Dataset records =

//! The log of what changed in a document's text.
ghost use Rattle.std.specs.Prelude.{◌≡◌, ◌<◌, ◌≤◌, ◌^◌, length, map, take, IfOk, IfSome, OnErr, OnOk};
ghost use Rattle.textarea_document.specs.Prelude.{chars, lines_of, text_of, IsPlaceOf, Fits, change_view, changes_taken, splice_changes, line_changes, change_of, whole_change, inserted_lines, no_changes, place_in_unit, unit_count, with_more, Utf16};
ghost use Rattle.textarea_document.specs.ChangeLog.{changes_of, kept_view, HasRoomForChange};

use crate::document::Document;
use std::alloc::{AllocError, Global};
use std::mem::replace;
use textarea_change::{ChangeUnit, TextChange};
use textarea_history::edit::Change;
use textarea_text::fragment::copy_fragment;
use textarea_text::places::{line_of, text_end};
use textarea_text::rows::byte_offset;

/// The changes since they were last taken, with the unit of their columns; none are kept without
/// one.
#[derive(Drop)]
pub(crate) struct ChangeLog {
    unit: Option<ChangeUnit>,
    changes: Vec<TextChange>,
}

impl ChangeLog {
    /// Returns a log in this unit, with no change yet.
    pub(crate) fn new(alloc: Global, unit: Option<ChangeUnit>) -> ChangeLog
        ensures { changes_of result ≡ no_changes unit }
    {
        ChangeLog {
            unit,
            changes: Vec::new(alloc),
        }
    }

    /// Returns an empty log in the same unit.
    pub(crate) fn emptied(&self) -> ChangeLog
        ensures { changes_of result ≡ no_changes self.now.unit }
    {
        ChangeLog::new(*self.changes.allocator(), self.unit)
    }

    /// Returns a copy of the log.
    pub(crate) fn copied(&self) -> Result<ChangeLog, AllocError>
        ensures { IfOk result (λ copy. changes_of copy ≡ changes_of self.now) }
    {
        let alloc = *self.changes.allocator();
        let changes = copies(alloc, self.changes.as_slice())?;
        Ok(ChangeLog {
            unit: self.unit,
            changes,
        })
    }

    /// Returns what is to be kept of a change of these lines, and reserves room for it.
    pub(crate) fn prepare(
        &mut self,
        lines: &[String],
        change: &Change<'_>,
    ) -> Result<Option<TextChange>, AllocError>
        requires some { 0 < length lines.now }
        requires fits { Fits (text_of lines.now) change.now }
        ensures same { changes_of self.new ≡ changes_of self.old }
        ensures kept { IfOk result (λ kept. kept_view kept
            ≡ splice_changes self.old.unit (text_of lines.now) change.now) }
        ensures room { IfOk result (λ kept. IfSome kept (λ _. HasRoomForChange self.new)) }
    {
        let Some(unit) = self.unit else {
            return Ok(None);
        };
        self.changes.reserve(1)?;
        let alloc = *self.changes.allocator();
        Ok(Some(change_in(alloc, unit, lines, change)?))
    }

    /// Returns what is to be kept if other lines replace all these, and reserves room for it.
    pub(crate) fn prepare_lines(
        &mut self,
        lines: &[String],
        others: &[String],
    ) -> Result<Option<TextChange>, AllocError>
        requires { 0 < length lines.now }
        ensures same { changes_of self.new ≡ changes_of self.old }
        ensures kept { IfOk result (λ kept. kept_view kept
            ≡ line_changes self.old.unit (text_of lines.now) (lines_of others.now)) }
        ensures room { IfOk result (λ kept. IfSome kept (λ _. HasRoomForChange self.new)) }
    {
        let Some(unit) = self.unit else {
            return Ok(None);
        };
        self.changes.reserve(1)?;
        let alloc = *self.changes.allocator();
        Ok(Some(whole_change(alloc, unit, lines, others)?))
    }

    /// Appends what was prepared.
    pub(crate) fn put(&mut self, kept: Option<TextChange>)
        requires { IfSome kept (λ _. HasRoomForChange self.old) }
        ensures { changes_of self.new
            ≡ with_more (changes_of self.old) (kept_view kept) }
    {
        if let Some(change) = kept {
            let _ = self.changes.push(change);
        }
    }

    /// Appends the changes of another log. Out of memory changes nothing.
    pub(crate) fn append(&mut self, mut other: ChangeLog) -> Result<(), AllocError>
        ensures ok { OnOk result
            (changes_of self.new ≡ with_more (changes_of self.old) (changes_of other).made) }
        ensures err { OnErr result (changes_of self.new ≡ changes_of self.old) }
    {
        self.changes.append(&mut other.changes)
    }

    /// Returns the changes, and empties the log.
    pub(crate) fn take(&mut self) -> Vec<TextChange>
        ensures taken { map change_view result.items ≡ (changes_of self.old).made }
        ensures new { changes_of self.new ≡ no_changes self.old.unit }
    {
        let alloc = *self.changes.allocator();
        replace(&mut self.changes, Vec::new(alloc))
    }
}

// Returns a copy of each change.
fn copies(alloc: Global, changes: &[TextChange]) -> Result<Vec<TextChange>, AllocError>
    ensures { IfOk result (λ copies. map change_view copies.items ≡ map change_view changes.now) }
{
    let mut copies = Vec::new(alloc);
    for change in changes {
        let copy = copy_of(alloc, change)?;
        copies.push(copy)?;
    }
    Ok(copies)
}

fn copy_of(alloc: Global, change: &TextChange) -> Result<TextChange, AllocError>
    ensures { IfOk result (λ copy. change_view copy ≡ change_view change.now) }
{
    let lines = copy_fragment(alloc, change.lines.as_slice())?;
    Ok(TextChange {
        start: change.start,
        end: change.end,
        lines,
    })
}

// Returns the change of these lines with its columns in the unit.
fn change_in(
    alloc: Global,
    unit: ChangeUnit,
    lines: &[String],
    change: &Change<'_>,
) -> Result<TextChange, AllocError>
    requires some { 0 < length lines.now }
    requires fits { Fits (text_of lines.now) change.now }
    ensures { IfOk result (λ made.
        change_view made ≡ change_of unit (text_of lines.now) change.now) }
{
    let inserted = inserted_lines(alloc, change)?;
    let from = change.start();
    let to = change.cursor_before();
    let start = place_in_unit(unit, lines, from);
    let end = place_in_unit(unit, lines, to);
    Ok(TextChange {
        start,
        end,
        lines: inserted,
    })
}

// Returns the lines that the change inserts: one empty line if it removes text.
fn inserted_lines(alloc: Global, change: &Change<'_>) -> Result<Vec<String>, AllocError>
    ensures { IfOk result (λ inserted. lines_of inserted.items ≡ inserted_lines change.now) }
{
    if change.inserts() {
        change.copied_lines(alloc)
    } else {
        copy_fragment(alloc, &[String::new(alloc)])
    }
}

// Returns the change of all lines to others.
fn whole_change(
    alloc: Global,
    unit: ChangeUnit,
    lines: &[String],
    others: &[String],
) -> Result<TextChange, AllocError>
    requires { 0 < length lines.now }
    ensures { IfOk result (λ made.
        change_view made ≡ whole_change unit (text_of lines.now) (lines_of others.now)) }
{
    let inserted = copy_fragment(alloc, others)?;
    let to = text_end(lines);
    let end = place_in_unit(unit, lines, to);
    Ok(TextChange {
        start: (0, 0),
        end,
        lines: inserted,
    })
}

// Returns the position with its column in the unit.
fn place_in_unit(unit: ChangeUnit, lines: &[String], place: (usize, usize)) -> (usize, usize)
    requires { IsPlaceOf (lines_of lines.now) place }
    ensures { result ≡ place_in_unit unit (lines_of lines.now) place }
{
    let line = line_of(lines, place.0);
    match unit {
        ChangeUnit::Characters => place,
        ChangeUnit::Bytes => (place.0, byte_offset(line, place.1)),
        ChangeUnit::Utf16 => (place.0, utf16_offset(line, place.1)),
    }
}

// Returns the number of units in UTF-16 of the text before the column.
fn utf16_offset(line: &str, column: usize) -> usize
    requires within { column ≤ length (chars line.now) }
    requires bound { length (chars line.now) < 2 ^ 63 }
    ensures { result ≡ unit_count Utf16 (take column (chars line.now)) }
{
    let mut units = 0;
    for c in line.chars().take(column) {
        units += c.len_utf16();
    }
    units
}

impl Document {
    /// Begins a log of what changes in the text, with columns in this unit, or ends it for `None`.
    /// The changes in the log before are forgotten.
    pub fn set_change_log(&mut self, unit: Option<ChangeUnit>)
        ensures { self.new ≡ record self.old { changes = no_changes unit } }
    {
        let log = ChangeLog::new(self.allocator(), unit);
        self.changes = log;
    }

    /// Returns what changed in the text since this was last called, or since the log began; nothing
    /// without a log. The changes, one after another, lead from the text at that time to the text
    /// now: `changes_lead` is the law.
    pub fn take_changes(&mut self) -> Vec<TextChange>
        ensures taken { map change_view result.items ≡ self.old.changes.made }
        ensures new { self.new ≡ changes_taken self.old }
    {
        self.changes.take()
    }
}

Exercise brief = Copy out the range of lines above starting at the line with "for c in line.chars().take(column)" and ending at the line with "log began; nothing", exactly and including both.

Worked solution =
    for c in line.chars().take(column) {
        units += c.len_utf16();
    }
    units
}

impl Document {
    /// Begins a log of what changes in the text, with columns in this unit, or ends it for `None`.
    /// The changes in the log before are forgotten.
    pub fn set_change_log(&mut self, unit: Option<ChangeUnit>)
        ensures { self.new ≡ record self.old { changes = no_changes unit } }
    {
        let log = ChangeLog::new(self.allocator(), unit);
        self.changes = log;
    }

    /// Returns what changed in the text since this was last called, or since the log began; nothing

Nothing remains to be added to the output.